Collection entries:
....................

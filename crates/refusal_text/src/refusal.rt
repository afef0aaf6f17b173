use command_options::{BadWord, FileNames, Ranged};
use front_base::Text;
use front_config::LoadFault;
use http_edge::End;

/// Why a run ended, where there is more to tell than its status.
#[derive(Debug, Drop)]
pub enum Refusal {
    /// The words are no command line.
    Words(BadWord),
    /// A word isn't UTF-8.
    NotUtf8,
    /// The number of an option is out of its range.
    Limits { option: Ranged, number: u64 },
    /// The text of `--listen` is no address.
    Listen(Text),
    /// The text of `--audit-webhook-url` is no URL that a webhook can have.
    Webhook(Text),
    /// The URL of `--audit-webhook-url` leads to the address of `--listen`.
    OwnWebhook(Text),
    /// The text of `--front` is no address.
    Front(Text),
    /// The text of `--token` can't stand in a header.
    Token,
    /// The file of `--token-file` could not be read.
    UnreadToken(Text),
    /// What the file of `--token-file` holds can't stand in a header.
    BadToken(Text),
    /// The files that these names name weren't loaded.
    Files { names: FileNames, fault: LoadFault },
    /// A request of the input is refused or cut short: its number, and the number of its first byte in the input, both
    /// counted from 1.
    Request { number: u64, byte: u64, end: End },
    /// The input could not be read.
    Input,
    /// The output could not be written.
    Output,
}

....................

» Assigned task
In the lines above, find the word "header" and copy every line it occurs in.

» Expected output
    /// The text of `--token` can't stand in a header.
    /// What the file of `--token-file` holds can't stand in a header.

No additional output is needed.